First symptoms of psoriasis
Types of psoriasis
Plaque psoriasis is the most common form of psoriasis, affecting about 80 percent of patients. Plaque psoriasis typically appears as skin bumps that merge into reddened flat areas of oval patches (plaques). Plagues of various sizes, mostly red, are easily palpable. They are covered by flaky silvery scales. These skin manifestations are usually (but not always) accompanied by persistent and annoying itching, which leads patients to scratch the itch, causing the plaques to bleed. Psoriasis vulgaris typically develops on various parts of the skin and most commonly affects the knees, elbows, shoulders, back, legs, or scalp. Various types of psoriasis vulgaris can also be present in other areas of the body, including palms and soles, fingernails, or the lower back.
Erythrodermic psoriasis is the most serious form of the disease. In erythrodermic psoriasis, extensive erythematous and desquamative flaky lesions on the skin cover most of the body surface. Patients may experience fever and joint pain which exacerbate the itching and scaling of the skin. Peripheral lymph nodes may be enlarged. Erythrodermic psoriasis can develop from psoriasis vulgaris and a concomitant infection. If neglected or treated inadequately, erythrodermic psoriasis can cause severe illness or even death.
Pustular psoriasis is distinct from other types of psoriasis and can be classified as a separate medical condition. Pustular psoriasis is primarily seen in adults. It is manifested by pustules. The areas surrounding the involved sites of skin are inflamed. Skin manifestations in pustular psoriasis are either limited to specific body areas, such as palms or soles, or spread all over the body. Localised pustular psoriasis affecting hands and feet is most common in women over 50. Pustules appearing regularly on the skin are painful and are vulnerable to mechanical damage. Diffuse pustular psoriasis occurs rarely and has a more severe clinical course. Other symptoms, apart from skin lesions, include high temperature, listlessness, and fatigue. Smoking has been observed to be one of the key triggers in the development of this form of psoriasis.
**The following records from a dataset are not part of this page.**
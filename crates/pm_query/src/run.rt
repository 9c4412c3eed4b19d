//! The answer of a script.
ghost use Rattle.std.specs.Prelude.{◌≡◌, [], cond, IfOk, IsTrue, OnOk};
ghost use Rattle.pm_query.specs.{Answer.{after_statement, start_on, has_error, items_of, commit_of}, Laws.ErrorsComeLast, Limits.{IsWithinCommitLimits, KeepsRowLimits, KeepsShortRows, ShowsShortValues}};

use crate::draft::Draft;
use crate::effect::{Effect, effect_of};
use crate::item::Item;
use crate::reply::Reply;
use pm_rows::{Change, Commit, Rows};
use pm_sql::{Script, Stmt};
use std::alloc::{AllocError, Global};

/// What a script answers and what it leaves to commit.
#[derive(Debug, Drop)]
pub struct Outcome {
    /// An item for each statement up to the first error.
    pub reply: Reply,
    /// The changes of the statements, in order, and none after an error.
    pub commit: Commit,
}

/// Runs a script over the rows of the table, which stay as they are. It fails only where memory is short.
///
/// A statement takes time of the order of the logarithm of the rows, and more only for the rows that it shows.
pub fn answer(alloc: Global, rows: &Rows, script: &Script) -> Result<Outcome, AllocError>
    ensures reply { IfOk result (λ outcome. outcome.reply ≡ items_of rows.now script.now) }
    ensures commit { IfOk result (λ outcome. outcome.commit ≡ commit_of rows.now script.now) }

    // An error ends the reply, and nothing is committed.
    ensures last { IfOk result (λ outcome. ErrorsComeLast outcome.reply) }
    ensures failed { IfOk result (λ outcome. IsTrue (has_error outcome.reply)
        → outcome.commit ≡ []) }

    // The limits are kept.
    ensures commit_limits { IfOk result (λ outcome. IsWithinCommitLimits outcome.commit) }
    ensures row_limits { IfOk result (λ outcome. KeepsRowLimits rows.now outcome.commit) }
    ensures short_rows { IfOk result (λ outcome. KeepsShortRows rows.now outcome.commit) }
    ensures short { IfOk result (λ outcome. ShowsShortValues rows.now outcome.reply) }
{
    let run = Run::of(alloc, rows, script.stmts())?;
    Ok(run.outcome())
}

// How far a script has come.
#[derive(Drop)]
struct Run<'a> {
    alloc: Global,
    draft: Draft<'a>,
    reply: Reply,
    commit: Commit,
    failed: bool,
}

impl<'a> Run<'a> {
    ghost use Rattle.pm_query.specs.Run.{progress_of, left_with, KnowsFailure};

    fn on(alloc: Global, rows: &'a Rows) -> Result<Run<'a>, AllocError>
        ensures start { IfOk result (λ run. progress_of run ≡ start_on rows.now) }
        ensures failure { IfOk result KnowsFailure }
    {
        Ok(Run {
            alloc,
            draft: Draft::of(alloc, rows)?,
            reply: Reply::new(alloc),
            commit: Commit::new(alloc),
            failed: false,
        })
    }

    // Runs the statements of a script.
    fn of(alloc: Global, rows: &'a Rows, stmts: &[Stmt]) -> Result<Run<'a>, AllocError>
        ensures items { IfOk result (λ run. run.reply ≡ items_of rows.now stmts.now) }
        ensures changes { IfOk result (λ run. cond run.failed [] run.commit ≡ commit_of rows.now
            stmts.now) }
    {
        let mut run = Run::on(alloc, rows)?;
        let Some((last, before)) = stmts.split_last() else {
            run.reply.push(Item::Empty)?;
            return Ok(run);
        };
        for stmt in before {
            run.step(stmt)?;
        }
        run.finish(last)?;
        Ok(run)
    }

    // Runs a statement that others follow, unless an error was answered.
    fn step(&mut self, stmt: &Stmt) -> Result<(), AllocError>
        requires { KnowsFailure self.old }
        ensures progress { OnOk result (progress_of self.new ≡ after_statement
            (progress_of self.old) stmt.now) }
        ensures failure { OnOk result (KnowsFailure self.new) }
    {
        if let Some(change) = self.reply_to(stmt)? {
            self.draft.make(&change)?;
            self.commit.push(change)?;
        }
        Ok(())
    }

    // Runs the last statement, unless an error was answered. Nobody asks for the rows after it, so they aren't made.
    fn finish(&mut self, stmt: &Stmt) -> Result<(), AllocError>
        requires { KnowsFailure self.old }
        ensures items { OnOk result (self.new.reply ≡ (after_statement
            (progress_of self.old) stmt.now).items) }
        ensures changes { OnOk result (self.new.commit ≡ (after_statement
            (progress_of self.old) stmt.now).changes) }
        ensures failure { OnOk result (KnowsFailure self.new) }
    {
        match self.reply_to(stmt)? {
            Some(change) => self.commit.push(change),
            None => Ok(()),
        }
    }

    // Answers a statement, unless an error was answered, and tells the change that is left to make, if any.
    fn reply_to(&mut self, stmt: &Stmt) -> Result<Option<Change>, AllocError>
        requires { KnowsFailure self.old }
        ensures progress { IfOk result (λ change. left_with self.new change ≡ after_statement
            (progress_of self.old) stmt.now) }
        ensures failure { OnOk result (KnowsFailure self.new) }
    {
        if self.failed {
            return Ok(None);
        }
        let Effect { item, change } = effect_of(self.alloc, &mut self.draft, stmt)?;
        self.failed = item.is_error();
        self.reply.push(item)?;
        Ok(change)
    }

    // Nothing is committed after an error.
    fn outcome(self) -> Outcome
        ensures reply { result.reply ≡ self.entry.reply }
        ensures commit { result.commit ≡ cond self.entry.failed [] self.entry.commit }
    {
        let Run {
            alloc,
            draft: _,
            reply,
            commit,
            failed,
        } = self;
        if failed {
            Outcome {
                reply,
                commit: Commit::new(alloc),
            }
        } else {
            Outcome { reply, commit }
        }
    }
}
Inverse (or flexural) psoriasis tends not to have a silvery scale. It shows up as very red lesions in body folds: on elbow joints, behind the knees, under the arms or in the groin, and under the breasts. Disease-affected skin areas are hypersensitive and can be irritated by sweat or clothes. Inverse psoriasis is more common in overweight people and in the elderly population. This type of psoriasis can be induced by fungal infections.
Guttate psoriasis most commonly occurs in children and young people and looks like small red drops (up to 1 cm in diameter) on the skin of various severity. The trigger of this psoriasis type is usually a streptococcal infection. Guttate psoriasis often involves a Köbner phenomenon, in which disease-specific lesions can occur in areas of minor epidermal trauma.
Psoriatic arthritis is a chronic inflammatory arthritis accompanying psoriasis, affecting both children and adults. The symptoms of psoriatic arthritis are most commonly located on the arms, feet, and lower back. Fingers become deformed; psoriatic lesions appear on the skin and fingernails. The disease is also manifested by joint pain and swelling. Psoriatic arthritis requires rapid diagnosis and the initiation of effective therapy. Psoriatic arthritis has to be managed by both a dermatologist and a rheumatologist.